* **Action item**:
Among the entries below, take the line with "6 Some(Upstream(BadAnswer))" and the line with "left for it.", and output them and every line between them exactly, with nothing else.
[Exercise data]
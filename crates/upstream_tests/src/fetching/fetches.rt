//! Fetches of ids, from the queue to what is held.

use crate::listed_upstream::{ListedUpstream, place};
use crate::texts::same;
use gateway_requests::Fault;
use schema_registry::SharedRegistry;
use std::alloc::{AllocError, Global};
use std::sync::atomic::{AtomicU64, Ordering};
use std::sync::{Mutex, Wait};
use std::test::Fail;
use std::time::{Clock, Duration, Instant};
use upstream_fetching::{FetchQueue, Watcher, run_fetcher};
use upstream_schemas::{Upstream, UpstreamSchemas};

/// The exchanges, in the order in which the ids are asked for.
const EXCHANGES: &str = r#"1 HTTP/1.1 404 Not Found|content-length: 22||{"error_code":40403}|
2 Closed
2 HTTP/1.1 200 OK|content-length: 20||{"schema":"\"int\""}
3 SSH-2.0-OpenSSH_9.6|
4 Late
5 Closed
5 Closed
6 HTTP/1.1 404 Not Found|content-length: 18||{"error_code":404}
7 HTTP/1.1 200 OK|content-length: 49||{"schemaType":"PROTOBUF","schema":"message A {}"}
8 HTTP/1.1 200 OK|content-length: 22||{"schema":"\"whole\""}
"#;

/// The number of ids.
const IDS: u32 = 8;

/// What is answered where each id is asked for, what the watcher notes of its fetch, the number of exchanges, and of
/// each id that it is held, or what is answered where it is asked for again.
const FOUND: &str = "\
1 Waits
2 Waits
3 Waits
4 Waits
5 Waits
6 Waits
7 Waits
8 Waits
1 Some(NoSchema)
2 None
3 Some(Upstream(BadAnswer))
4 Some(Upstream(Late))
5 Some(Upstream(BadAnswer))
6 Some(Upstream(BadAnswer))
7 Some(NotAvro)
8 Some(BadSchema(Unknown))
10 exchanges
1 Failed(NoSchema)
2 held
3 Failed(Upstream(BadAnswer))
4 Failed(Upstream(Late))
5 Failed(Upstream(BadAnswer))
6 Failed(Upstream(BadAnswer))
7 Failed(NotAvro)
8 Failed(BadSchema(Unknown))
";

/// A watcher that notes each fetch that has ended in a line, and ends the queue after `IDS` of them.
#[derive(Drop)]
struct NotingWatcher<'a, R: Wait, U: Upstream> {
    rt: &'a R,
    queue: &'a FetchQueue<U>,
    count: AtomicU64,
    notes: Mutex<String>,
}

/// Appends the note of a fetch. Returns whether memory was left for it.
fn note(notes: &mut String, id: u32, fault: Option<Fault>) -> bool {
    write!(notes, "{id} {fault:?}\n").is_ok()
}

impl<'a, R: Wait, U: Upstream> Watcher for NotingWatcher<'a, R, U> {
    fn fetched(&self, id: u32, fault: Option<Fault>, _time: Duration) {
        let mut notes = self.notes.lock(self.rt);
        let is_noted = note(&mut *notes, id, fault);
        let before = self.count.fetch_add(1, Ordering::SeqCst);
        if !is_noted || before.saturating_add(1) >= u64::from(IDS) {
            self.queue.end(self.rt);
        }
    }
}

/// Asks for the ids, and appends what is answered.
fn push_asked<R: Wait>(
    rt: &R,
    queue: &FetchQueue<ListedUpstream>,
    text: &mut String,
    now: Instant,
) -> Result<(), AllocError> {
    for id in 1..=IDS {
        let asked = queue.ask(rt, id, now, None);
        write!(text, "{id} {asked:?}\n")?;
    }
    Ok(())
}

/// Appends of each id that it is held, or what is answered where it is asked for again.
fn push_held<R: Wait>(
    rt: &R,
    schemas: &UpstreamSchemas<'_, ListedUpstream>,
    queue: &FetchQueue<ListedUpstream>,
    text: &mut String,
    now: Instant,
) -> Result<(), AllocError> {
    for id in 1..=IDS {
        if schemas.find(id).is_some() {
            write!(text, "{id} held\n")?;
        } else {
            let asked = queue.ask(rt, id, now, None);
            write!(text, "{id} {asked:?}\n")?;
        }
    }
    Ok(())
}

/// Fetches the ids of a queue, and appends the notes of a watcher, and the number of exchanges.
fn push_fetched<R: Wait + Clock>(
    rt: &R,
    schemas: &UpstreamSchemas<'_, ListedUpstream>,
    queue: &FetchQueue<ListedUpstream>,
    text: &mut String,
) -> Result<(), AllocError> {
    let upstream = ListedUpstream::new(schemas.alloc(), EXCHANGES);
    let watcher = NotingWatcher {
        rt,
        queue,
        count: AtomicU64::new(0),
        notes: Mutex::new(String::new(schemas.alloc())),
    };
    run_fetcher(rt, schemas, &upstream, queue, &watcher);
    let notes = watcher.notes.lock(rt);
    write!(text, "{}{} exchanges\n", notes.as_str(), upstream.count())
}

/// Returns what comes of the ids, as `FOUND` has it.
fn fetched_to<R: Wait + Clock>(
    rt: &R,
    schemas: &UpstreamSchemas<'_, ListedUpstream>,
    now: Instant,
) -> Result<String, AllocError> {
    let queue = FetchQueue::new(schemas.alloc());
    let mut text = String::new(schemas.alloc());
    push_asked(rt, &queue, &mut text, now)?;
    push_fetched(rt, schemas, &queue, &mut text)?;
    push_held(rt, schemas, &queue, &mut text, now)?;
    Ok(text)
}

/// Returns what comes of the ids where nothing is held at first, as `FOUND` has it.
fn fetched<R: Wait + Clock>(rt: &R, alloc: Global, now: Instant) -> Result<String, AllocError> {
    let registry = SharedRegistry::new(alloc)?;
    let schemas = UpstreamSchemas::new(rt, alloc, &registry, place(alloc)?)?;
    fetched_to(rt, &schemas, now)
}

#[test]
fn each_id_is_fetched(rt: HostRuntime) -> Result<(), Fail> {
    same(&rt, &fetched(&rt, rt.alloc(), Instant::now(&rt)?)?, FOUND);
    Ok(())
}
[/Exercise data]
[Exercise data]
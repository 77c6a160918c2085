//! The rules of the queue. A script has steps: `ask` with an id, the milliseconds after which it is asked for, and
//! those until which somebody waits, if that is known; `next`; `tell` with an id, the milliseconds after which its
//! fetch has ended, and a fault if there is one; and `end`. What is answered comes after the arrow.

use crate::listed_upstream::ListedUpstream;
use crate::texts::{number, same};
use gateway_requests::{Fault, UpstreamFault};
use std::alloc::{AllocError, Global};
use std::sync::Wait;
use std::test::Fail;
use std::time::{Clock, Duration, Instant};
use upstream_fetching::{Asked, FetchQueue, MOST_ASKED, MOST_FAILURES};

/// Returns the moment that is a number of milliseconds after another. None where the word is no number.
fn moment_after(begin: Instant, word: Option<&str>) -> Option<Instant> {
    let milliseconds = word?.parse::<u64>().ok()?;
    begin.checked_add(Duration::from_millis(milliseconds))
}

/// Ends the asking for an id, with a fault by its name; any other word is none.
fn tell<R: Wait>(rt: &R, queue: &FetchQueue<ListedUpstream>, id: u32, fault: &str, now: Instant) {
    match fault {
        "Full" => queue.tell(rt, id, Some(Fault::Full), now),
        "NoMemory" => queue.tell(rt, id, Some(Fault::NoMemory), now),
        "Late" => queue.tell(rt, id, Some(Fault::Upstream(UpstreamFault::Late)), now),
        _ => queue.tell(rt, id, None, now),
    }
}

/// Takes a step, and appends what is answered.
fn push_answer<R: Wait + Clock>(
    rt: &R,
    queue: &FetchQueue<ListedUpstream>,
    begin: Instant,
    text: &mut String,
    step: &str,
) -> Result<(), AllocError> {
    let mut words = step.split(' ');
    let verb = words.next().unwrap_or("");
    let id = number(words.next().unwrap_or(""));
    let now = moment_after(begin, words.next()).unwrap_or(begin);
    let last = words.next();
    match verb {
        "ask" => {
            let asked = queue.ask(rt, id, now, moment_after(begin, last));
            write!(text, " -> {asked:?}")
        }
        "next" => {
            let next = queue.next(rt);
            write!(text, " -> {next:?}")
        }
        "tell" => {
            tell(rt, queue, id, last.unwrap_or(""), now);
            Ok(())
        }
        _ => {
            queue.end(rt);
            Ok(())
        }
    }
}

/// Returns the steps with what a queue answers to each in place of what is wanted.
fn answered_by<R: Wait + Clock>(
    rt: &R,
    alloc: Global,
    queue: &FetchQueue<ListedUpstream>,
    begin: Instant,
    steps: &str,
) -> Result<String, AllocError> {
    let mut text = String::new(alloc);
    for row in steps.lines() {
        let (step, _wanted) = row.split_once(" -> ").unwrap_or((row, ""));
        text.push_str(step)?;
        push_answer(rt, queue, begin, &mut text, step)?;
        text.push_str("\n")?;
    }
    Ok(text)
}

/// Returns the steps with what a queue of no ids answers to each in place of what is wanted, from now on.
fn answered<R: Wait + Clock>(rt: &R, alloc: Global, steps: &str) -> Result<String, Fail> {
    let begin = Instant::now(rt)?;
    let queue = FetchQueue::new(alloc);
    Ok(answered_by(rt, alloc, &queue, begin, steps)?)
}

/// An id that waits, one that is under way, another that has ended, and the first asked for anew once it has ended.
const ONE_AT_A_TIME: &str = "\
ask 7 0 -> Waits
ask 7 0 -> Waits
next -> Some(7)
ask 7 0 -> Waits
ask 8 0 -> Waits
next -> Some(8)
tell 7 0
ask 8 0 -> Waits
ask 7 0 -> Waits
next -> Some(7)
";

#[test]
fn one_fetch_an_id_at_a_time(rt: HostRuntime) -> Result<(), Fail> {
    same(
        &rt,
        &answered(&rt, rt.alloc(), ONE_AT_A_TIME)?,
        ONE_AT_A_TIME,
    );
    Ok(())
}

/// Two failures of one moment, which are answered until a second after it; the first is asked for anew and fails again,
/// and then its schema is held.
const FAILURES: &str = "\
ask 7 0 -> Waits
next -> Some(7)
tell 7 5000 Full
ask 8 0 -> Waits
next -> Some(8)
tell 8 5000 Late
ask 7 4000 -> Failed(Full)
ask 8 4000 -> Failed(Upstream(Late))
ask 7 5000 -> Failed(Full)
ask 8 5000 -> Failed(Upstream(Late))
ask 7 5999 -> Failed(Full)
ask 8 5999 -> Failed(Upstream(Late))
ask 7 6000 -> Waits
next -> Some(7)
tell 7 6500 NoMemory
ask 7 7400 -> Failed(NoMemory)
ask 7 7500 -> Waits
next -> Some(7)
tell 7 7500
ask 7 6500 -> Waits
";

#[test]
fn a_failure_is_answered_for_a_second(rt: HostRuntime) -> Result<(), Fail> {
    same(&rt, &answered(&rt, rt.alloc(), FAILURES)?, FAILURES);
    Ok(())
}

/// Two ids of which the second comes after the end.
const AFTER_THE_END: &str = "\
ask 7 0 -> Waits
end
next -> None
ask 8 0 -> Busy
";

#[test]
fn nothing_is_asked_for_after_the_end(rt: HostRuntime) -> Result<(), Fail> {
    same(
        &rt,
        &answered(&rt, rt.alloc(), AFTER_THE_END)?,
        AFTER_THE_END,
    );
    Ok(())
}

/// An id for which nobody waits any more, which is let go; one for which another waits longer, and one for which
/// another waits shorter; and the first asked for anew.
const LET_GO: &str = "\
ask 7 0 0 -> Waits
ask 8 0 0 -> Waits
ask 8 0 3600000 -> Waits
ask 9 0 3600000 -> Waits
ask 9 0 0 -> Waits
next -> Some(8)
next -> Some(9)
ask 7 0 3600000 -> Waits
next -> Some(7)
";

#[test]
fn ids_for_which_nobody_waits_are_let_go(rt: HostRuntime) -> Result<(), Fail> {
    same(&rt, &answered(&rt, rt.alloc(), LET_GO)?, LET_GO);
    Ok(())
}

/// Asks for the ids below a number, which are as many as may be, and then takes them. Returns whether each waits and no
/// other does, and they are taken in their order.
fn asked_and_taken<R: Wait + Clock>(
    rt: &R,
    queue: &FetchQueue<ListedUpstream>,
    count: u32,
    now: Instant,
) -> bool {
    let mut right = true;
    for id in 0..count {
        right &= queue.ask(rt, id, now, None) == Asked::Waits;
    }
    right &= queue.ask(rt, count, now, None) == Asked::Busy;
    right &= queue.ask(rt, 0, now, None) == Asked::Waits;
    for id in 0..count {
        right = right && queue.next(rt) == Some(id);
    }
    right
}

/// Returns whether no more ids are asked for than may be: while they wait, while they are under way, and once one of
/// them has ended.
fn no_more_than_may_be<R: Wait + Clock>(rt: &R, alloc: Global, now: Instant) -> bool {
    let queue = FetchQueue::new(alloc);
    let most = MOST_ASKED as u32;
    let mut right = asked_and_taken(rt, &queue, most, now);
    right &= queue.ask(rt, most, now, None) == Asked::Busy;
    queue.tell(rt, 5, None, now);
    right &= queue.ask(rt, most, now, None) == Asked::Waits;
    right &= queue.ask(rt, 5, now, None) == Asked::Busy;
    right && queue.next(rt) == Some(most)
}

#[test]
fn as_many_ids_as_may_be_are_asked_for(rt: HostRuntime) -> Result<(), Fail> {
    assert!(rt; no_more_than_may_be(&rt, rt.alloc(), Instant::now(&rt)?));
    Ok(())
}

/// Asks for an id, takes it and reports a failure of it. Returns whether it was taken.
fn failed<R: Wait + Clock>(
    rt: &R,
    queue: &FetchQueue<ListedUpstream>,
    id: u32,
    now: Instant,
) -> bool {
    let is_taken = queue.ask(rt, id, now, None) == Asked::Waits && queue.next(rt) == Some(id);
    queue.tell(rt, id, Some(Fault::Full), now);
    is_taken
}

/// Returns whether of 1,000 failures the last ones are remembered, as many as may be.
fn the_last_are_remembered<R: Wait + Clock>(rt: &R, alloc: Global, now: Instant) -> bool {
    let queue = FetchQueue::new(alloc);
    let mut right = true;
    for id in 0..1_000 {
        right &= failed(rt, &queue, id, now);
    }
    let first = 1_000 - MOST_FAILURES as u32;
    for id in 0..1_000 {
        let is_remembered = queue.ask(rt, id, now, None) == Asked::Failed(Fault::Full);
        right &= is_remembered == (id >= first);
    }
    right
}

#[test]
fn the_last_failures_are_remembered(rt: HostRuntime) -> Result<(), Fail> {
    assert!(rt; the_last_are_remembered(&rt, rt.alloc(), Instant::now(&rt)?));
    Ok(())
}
[/Exercise data]
[Exercise data]
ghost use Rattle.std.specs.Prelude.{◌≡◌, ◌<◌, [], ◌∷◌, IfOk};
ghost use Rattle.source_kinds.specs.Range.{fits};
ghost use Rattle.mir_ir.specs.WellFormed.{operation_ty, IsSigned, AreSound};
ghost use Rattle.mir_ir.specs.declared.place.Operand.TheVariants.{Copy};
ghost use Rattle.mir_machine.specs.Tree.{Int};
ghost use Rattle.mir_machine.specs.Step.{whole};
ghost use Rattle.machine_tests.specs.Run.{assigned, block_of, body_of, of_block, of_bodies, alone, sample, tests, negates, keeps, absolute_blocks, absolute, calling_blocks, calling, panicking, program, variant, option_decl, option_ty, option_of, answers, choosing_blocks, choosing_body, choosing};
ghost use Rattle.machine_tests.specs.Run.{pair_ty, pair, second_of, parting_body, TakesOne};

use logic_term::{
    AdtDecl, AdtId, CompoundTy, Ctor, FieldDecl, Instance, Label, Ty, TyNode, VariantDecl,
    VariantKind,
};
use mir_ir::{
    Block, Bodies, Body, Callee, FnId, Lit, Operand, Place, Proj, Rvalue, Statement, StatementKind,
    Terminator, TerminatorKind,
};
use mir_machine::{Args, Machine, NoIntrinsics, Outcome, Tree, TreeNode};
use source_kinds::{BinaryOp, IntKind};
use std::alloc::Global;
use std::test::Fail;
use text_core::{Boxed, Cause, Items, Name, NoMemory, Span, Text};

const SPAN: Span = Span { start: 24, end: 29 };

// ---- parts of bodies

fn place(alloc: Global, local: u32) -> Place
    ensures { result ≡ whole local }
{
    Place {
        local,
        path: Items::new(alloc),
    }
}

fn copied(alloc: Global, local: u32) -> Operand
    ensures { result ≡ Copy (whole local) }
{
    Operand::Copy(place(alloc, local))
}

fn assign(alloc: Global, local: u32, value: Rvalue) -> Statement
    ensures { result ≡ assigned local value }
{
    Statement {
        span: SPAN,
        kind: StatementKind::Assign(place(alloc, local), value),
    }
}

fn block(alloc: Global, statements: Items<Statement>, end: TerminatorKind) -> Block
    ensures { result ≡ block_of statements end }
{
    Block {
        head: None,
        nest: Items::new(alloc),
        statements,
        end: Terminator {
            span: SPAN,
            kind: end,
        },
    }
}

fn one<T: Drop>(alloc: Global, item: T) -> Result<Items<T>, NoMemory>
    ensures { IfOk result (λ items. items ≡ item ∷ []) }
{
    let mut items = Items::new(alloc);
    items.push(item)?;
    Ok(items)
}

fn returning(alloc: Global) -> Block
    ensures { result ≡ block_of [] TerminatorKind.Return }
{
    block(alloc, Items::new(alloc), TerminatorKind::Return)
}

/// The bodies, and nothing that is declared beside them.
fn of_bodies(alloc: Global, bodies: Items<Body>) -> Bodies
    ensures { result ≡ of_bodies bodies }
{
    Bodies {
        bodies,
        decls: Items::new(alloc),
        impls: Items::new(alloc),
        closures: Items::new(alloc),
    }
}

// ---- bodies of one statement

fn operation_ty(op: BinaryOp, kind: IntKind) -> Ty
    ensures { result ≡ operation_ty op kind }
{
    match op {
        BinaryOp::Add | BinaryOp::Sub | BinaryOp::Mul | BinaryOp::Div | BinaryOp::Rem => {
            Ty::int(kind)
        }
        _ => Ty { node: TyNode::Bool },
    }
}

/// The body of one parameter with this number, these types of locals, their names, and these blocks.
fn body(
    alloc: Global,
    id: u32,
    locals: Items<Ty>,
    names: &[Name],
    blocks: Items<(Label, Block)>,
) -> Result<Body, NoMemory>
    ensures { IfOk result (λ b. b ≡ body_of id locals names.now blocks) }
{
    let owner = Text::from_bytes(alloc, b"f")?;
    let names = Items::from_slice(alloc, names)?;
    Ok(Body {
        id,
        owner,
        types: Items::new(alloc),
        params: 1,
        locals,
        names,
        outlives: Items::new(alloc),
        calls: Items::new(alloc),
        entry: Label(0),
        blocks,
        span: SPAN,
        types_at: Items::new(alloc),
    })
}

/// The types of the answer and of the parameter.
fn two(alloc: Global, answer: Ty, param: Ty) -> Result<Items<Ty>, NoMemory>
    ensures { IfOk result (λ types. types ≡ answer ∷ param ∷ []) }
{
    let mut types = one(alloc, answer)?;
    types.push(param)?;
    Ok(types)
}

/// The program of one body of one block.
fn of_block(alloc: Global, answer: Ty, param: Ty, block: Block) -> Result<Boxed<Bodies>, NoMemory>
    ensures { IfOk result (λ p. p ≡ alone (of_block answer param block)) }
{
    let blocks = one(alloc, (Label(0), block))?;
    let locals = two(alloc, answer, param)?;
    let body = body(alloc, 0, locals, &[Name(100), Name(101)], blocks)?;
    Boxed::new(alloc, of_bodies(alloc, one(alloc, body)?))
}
[/Exercise data]
* **Solved exercise**:
6 Some(Upstream(BadAnswer))
7 Some(NotAvro)
8 Some(BadSchema(Unknown))
10 exchanges
1 Failed(NoSchema)
2 held
3 Failed(Upstream(BadAnswer))
4 Failed(Upstream(Late))
5 Failed(Upstream(BadAnswer))
6 Failed(Upstream(BadAnswer))
7 Failed(NotAvro)
8 Failed(BadSchema(Unknown))
";

/// A watcher that notes each fetch that has ended in a line, and ends the queue after `IDS` of them.
#[derive(Drop)]
struct NotingWatcher<'a, R: Wait, U: Upstream> {
    rt: &'a R,
    queue: &'a FetchQueue<U>,
    count: AtomicU64,
    notes: Mutex<String>,
}

/// Appends the note of a fetch. Returns whether memory was left for it.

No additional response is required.